> _To do_: Return only the number of lines in the records below where the string "TimeRange" shows up.

[Stored items]
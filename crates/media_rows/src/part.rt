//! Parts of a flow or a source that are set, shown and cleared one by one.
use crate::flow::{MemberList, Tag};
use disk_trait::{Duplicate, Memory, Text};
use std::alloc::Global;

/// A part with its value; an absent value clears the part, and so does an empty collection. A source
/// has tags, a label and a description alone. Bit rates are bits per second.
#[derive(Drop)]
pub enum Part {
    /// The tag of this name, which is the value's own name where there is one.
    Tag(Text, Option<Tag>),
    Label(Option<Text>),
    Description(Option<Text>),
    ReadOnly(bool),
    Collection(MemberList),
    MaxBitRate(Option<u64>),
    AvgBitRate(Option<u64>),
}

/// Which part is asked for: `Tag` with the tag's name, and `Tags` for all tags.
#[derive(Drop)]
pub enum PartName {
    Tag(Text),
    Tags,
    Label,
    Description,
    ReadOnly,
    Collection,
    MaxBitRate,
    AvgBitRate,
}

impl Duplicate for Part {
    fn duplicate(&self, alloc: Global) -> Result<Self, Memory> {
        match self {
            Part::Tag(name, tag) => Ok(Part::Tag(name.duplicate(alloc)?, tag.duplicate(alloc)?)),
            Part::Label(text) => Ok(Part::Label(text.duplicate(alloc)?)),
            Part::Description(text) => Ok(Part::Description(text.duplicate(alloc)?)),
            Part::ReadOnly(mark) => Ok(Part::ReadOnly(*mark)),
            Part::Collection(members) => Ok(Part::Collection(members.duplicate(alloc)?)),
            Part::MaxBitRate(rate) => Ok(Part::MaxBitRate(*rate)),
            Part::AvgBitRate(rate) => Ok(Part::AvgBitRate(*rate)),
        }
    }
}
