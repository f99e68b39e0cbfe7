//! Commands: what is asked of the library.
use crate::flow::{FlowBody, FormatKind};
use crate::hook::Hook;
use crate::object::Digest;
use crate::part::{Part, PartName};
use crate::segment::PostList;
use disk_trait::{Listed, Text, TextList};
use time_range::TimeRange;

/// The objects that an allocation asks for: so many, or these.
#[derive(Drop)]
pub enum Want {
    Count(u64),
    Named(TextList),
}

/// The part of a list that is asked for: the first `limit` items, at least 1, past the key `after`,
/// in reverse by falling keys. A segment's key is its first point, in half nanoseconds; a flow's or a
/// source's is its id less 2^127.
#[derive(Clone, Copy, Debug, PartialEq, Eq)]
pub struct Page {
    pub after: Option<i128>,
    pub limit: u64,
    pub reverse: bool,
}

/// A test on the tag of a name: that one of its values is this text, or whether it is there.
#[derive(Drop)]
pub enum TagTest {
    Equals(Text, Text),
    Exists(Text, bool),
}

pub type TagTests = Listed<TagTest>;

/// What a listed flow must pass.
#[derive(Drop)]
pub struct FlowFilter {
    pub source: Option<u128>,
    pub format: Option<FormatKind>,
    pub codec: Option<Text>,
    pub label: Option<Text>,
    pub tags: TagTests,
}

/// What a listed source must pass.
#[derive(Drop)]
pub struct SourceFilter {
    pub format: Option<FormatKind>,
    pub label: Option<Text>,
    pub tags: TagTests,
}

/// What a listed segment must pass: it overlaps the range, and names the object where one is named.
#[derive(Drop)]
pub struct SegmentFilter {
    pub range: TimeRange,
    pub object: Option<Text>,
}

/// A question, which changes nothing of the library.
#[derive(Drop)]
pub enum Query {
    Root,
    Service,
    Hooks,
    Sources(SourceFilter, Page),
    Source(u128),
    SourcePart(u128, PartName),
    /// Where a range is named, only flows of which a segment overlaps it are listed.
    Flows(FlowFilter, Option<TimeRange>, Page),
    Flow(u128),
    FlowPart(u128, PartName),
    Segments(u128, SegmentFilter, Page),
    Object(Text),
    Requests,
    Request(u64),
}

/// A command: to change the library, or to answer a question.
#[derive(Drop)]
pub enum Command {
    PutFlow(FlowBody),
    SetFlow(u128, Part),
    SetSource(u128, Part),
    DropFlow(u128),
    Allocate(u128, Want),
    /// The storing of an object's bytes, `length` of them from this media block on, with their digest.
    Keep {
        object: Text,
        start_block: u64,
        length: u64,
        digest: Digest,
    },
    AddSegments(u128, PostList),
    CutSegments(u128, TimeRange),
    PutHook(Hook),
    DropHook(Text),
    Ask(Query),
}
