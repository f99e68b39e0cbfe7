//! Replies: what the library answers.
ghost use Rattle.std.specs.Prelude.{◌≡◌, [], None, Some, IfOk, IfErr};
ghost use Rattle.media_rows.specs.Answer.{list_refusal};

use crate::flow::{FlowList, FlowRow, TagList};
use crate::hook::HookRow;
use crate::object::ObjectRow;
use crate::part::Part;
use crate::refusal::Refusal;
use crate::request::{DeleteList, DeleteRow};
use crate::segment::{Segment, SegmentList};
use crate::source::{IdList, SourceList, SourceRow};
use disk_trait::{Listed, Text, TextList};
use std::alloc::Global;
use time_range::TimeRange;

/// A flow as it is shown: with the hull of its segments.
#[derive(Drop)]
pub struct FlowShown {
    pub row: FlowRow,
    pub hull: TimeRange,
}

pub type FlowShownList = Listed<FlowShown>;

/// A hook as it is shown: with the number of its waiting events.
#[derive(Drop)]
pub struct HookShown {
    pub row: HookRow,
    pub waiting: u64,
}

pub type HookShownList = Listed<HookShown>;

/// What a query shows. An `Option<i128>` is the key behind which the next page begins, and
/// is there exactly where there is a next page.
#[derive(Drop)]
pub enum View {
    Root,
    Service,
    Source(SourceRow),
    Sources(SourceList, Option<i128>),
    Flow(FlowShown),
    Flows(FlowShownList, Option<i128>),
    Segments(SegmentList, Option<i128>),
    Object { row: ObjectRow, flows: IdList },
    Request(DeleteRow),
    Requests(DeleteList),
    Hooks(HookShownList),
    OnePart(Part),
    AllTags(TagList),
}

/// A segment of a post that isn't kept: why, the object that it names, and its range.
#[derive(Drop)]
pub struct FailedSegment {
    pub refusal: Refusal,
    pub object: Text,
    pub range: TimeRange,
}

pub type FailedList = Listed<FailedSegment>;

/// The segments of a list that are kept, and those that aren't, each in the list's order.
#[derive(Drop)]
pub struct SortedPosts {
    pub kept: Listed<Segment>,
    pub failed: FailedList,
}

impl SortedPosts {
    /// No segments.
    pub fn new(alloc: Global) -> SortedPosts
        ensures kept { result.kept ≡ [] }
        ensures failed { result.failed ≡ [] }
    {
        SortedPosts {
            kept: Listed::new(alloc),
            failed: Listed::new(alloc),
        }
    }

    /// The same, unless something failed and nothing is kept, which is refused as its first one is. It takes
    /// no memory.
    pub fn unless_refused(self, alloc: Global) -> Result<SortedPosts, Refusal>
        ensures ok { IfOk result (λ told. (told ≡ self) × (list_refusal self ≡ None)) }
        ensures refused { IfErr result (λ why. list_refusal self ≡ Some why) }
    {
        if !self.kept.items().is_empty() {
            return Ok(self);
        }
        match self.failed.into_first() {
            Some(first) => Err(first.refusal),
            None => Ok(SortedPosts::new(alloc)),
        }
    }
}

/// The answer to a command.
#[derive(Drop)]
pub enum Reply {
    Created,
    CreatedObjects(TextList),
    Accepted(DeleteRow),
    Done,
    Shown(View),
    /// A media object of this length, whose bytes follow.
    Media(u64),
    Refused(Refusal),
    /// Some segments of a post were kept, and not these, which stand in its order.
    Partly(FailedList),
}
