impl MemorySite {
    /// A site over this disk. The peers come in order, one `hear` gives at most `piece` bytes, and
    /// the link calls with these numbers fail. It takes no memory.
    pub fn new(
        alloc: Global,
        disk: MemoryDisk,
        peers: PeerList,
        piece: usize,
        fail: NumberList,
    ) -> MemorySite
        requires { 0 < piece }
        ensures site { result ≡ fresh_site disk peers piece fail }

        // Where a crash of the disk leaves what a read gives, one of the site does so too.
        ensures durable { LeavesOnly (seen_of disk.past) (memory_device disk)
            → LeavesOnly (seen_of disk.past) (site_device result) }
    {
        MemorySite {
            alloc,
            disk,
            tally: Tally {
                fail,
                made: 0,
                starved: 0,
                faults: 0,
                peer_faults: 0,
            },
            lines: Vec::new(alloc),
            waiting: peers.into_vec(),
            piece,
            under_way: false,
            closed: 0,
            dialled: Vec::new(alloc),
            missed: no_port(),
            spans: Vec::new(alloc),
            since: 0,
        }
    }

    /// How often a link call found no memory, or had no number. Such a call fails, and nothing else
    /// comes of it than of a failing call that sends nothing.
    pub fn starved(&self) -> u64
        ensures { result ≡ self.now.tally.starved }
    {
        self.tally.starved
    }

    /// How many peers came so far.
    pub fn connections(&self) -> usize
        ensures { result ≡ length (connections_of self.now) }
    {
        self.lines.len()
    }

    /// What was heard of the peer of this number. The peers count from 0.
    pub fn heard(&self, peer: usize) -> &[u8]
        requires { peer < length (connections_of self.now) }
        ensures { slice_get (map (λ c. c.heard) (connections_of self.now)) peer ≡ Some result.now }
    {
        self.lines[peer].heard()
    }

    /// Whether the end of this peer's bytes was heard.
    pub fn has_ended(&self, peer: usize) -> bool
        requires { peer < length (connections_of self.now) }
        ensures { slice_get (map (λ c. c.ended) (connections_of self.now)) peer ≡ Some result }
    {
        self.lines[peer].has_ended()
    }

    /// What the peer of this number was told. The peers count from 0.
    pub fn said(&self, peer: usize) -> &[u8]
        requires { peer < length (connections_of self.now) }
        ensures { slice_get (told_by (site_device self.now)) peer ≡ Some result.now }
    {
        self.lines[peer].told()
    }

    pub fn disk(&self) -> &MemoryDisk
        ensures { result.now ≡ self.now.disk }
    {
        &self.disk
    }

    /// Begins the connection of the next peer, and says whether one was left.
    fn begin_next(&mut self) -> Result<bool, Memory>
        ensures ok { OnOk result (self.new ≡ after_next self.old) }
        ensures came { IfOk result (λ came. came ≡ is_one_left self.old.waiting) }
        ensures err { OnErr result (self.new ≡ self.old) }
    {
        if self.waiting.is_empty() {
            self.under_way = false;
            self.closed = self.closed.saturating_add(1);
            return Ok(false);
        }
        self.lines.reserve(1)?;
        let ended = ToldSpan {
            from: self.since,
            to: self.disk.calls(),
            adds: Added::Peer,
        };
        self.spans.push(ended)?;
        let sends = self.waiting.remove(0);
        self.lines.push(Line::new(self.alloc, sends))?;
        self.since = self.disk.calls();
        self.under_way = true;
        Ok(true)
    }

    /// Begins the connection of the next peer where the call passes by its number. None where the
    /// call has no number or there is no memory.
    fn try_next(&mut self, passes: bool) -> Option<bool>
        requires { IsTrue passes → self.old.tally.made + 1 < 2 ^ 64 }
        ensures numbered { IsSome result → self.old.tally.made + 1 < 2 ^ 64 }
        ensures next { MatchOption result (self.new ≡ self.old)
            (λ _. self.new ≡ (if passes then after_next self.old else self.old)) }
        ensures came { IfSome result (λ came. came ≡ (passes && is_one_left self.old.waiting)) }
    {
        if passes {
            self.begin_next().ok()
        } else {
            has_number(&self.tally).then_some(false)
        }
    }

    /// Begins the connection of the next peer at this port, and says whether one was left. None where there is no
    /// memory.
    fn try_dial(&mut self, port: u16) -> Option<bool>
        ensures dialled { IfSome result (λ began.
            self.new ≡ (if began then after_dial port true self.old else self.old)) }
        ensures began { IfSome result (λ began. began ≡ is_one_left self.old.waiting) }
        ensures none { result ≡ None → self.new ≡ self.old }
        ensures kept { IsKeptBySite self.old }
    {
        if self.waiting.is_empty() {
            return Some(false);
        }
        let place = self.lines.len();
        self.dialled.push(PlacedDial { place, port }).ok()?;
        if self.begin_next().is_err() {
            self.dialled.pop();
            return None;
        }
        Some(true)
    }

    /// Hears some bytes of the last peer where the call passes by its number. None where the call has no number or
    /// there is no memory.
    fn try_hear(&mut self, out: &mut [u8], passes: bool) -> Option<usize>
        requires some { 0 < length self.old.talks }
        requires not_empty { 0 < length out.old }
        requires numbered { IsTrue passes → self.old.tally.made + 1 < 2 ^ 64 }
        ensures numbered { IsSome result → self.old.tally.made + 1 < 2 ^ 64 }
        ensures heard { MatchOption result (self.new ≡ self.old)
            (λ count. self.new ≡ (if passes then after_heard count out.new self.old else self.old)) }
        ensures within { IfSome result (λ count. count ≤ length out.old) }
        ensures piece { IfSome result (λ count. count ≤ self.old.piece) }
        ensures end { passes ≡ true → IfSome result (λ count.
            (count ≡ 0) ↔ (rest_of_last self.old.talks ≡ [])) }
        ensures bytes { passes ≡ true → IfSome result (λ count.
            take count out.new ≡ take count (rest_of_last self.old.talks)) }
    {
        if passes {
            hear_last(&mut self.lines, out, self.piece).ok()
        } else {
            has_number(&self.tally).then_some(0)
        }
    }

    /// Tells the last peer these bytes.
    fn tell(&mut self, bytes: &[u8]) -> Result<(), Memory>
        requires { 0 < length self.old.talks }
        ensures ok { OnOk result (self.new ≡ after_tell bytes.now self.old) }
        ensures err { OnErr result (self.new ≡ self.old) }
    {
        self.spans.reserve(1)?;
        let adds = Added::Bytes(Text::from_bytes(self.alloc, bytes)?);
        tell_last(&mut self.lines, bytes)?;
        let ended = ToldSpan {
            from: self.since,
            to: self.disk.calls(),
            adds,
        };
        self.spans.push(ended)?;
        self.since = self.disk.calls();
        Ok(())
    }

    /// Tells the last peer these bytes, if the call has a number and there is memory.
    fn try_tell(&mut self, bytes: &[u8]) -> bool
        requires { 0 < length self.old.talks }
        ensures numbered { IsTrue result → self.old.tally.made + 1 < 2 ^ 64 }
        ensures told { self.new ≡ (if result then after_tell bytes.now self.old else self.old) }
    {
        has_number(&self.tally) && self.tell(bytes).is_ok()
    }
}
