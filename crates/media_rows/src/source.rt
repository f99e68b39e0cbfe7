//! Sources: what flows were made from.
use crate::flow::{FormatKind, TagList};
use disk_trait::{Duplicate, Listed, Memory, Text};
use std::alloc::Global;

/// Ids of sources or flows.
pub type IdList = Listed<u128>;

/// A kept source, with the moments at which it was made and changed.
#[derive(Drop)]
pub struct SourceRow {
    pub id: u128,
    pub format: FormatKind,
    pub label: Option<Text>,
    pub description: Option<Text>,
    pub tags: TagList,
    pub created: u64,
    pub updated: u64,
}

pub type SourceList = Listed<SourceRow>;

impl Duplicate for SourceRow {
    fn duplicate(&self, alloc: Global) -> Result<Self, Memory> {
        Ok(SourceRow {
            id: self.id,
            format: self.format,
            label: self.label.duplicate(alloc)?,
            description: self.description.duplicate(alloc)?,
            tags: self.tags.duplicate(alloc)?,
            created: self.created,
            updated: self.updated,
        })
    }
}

> _Answer below_: 7